What the Ravens did was two-fold. First, they ensured themselves of having depth on their roster in an emergency and making sure that depth was fully coached up so that if someone had to miss time for whatever the reason, the team wouldn’t miss a beat.

The Giants? Can anyone say the defense hasn’t missed a beat since losing inside linebacker Blake Martinez, or that the receivers have been setting the league on fire even though Kenny Golladay has been on the injury list more than half the season so far, and that Sterling Shepard, Kadarius Toney, and Darius Slayton have been ailing at points in the season as well? 

And what about the Giants running game and offensive line? Rookie draft pick Gary Brightwell is a terrific addition on special teams, yet is anyone wondering why he hasn’t gotten more opportunities at running back? 

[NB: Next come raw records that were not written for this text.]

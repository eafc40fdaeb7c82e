//! Documents written with the numerals in the place of the numbers.

ghost use Rattle.std.specs.Prelude.{◌≤◌, IfOk};
ghost use Rattle.std.specs.String.{string_bytes};
ghost use Rattle.json.specs.Json.{max_depth};
ghost use Rattle.json_lexemes.specs.Spelled.{Says};
ghost use Rattle.serde_json.specs.Data.{depth};
ghost use Rattle.serde_json.specs.View.{view};
ghost use Rattle.json_patch_limits.specs.OverLimits.{AreShallow};
ghost use Rattle.json_patch_operation.specs.Operation.{operations_of};
ghost use Rattle.json_diff_text.specs.Differences.{IsTextOf, most_levels};
ghost use Rattle.json_diff_text.specs.Numerals.{AreNumbers, tree_of, tree_ops};
ghost use Rattle.json_diff_text.specs.Tables.{numerals_in};

use crate::showing::shown;
use json::to_vec;
use json_patch::Patch;
use serde_json::Value;
use std::alloc::{AllocError, Global};

/// The text of a document, in which each number stands for one of the numerals.
pub(crate) fn written_value(
    alloc: Global,
    value: &Value,
    texts: &Vec<String>,
) -> Result<String, AllocError>
    requires numbers { AreNumbers (numerals_in texts.now.items) }
    requires shallow { depth (view value.now) ≤ max_depth }
    ensures { IfOk result (λ s. Says (string_bytes s) (tree_of (numerals_in texts.now.items) (view value.now))) }
{
    let tree = shown(alloc, value, texts)?;
    match String::from_utf8(to_vec(alloc, &tree)?) {
        Ok(text) => Ok(text),
        Err(_) => unreachable!(),
    }
}

/// The text of a patch, in which each number stands for one of the numerals.
pub(crate) fn written(
    alloc: Global,
    patch: &Patch,
    texts: &Vec<String>,
) -> Result<String, AllocError>
    requires numbers { AreNumbers (numerals_in texts.now.items) }
    requires shallow { AreShallow most_levels (operations_of patch.now) }
    ensures { IfOk result (λ s. IsTextOf (string_bytes s)
        (tree_ops (numerals_in texts.now.items) (operations_of patch.now))) }
{
    let value = patch.to_value(alloc)?;
    written_value(alloc, &value, texts)
}
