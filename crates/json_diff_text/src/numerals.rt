//! The numerals of texts, each at a place that stands for it.

ghost use Rattle.std.specs.Prelude.{◌≡◌, [], IfOk, IfSome, List, OnOk, Some, slice_get, ℕ};
ghost use Rattle.json.specs.Print.{IsNumber};
ghost use Rattle.json_number.specs.Numbers.{SameNumber};
ghost use Rattle.json_diff_text.specs.Numerals.{AreNumbers, Grows};
ghost use Rattle.json_diff_text.specs.Tables.{numerals_in, table};

use crate::key::key_of;
use json_number::same_number;
use serde_json::Value;
use std::alloc::{AllocError, Global};
use std::collections::BTreeMap;

/// A table of numerals. In a document the place of one stands for it.
#[derive(Drop)]
pub(crate) struct Numerals {
    texts: Vec<String>,
    /// By their keys, where numerals of one number share a place.
    places: Option<BTreeMap<u64, usize>>,
    /// Whether a numeral shares that of one that is written otherwise.
    is_mixed: bool,
}

impl Numerals {
    /// One in which numerals of one number share a place, wherever they stand.
    pub(crate) fn by_number(alloc: Global) -> Numerals
        ensures { table result ≡ [] }
    {
        Numerals {
            texts: Vec::new(alloc),
            places: Some(BTreeMap::new(alloc)),
            is_mixed: false,
        }
    }

    /// One in which each numeral has a place of its own, but for one of the same number as the value
    /// that it is compared with.
    pub(crate) fn by_value(alloc: Global) -> Numerals
        ensures { table result ≡ [] }
    {
        Numerals {
            texts: Vec::new(alloc),
            places: None,
            is_mixed: false,
        }
    }

    /// Whether the place of each numeral so far has it as it is written.
    pub(crate) fn are_as_written(&self) -> bool {
        !self.is_mixed
    }

    /// From here on each numeral gets a place of its own.
    pub(crate) fn set_apart(&mut self)
        ensures { table self.new ≡ table self.old }
    {
        self.places = None;
    }

    pub(crate) fn texts(&self) -> &Vec<String>
        ensures { numerals_in result.now.items ≡ table self.now }
    {
        &self.texts
    }

    /// The place of a numeral of the same number, where the key finds one or the other value has it.
    fn find(&self, key: u64, text: &str, other: Option<&Value>) -> Option<usize>
        ensures { IfSome result (λ n. (t : List ℕ)
            × (slice_get (table self.now) n ≡ Some t) × SameNumber t text.now) }
    {
        let place = match &self.places {
            Some(places) => *places.get(&key)?,
            None => place_in(other?)?,
        };
        if place < self.texts.len() && same_number(self.texts[place].as_str(), text) {
            Some(place)
        } else {
            None
        }
    }

    /// Has the key lead to a place, where numerals of one number share one.
    fn keep(&mut self, key: u64, place: usize) -> Result<(), AllocError>
        ensures { table self.new ≡ table self.old }
    {
        if let Some(places) = &mut self.places {
            places.insert(key, place)?;
        }
        Ok(())
    }

    /// The place of a numeral of the same number, or else a new one, of this numeral.
    pub(crate) fn code(
        &mut self,
        alloc: Global,
        text: &str,
        other: Option<&Value>,
    ) -> Result<usize, AllocError>
        requires numbers { AreNumbers (table self.old) }
        requires number { IsNumber text.now }
        ensures stands { IfOk result (λ n. (t : List ℕ)
            × (slice_get (table self.new) n ≡ Some t) × SameNumber t text.now) }
        ensures grows { OnOk result (Grows (table self.old) (table self.new)) }
        ensures numbers { OnOk result (AreNumbers (table self.new)) }
    {
        let key = key_of(text);
        if let Some(place) = self.find(key, text, other) {
            self.is_mixed |= self.texts[place].as_str() != text;
            return Ok(place);
        }
        let place = self.texts.len();
        self.texts.push(String::from_str(alloc, text)?)?;
        self.keep(key, place)?;
        Ok(place)
    }
}

/// The place that a number stands for.
fn place_in(value: &Value) -> Option<usize> {
    let place = value.as_u64()?;
    usize::try_from(place).ok()
}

The biggest blunder of all by the coaching staff? Treating the first two or three games of the season—all winnable ones—like an extension of the preseason after failing to get the starters more than just one half’s work of preseason work in the final preseason game no less to see what they had.

Add it all up, and you have another Giants season that, barring a miracle, is fast going down the drain. 

Here’s the saddest part of all. If this season does end up in the trash bin, it’s going to be in cap hell come 2022 when all those restructured deals and low-cost first-year deals suddenly swell. Players will have to be cut, thereby creating even more holes on a team that is still missing some impact players on both sides of the ball.

As of right now, the Giants are projected to have less than $3 million in cap space next year. That won’t even be enough to sign its projected 10-member 2022 draft class, let alone reward any of those veterans on one-year “prove it” deals who happen to be showing their worth a chance at another contract.

Good luck to whoever is sitting in the general manager’s chair next year, because this big gamble the Giants took this year—similar to what they did in 2014 and again in 2016, neither of which resulted in long-term success either—is going to take a lot of digging out from.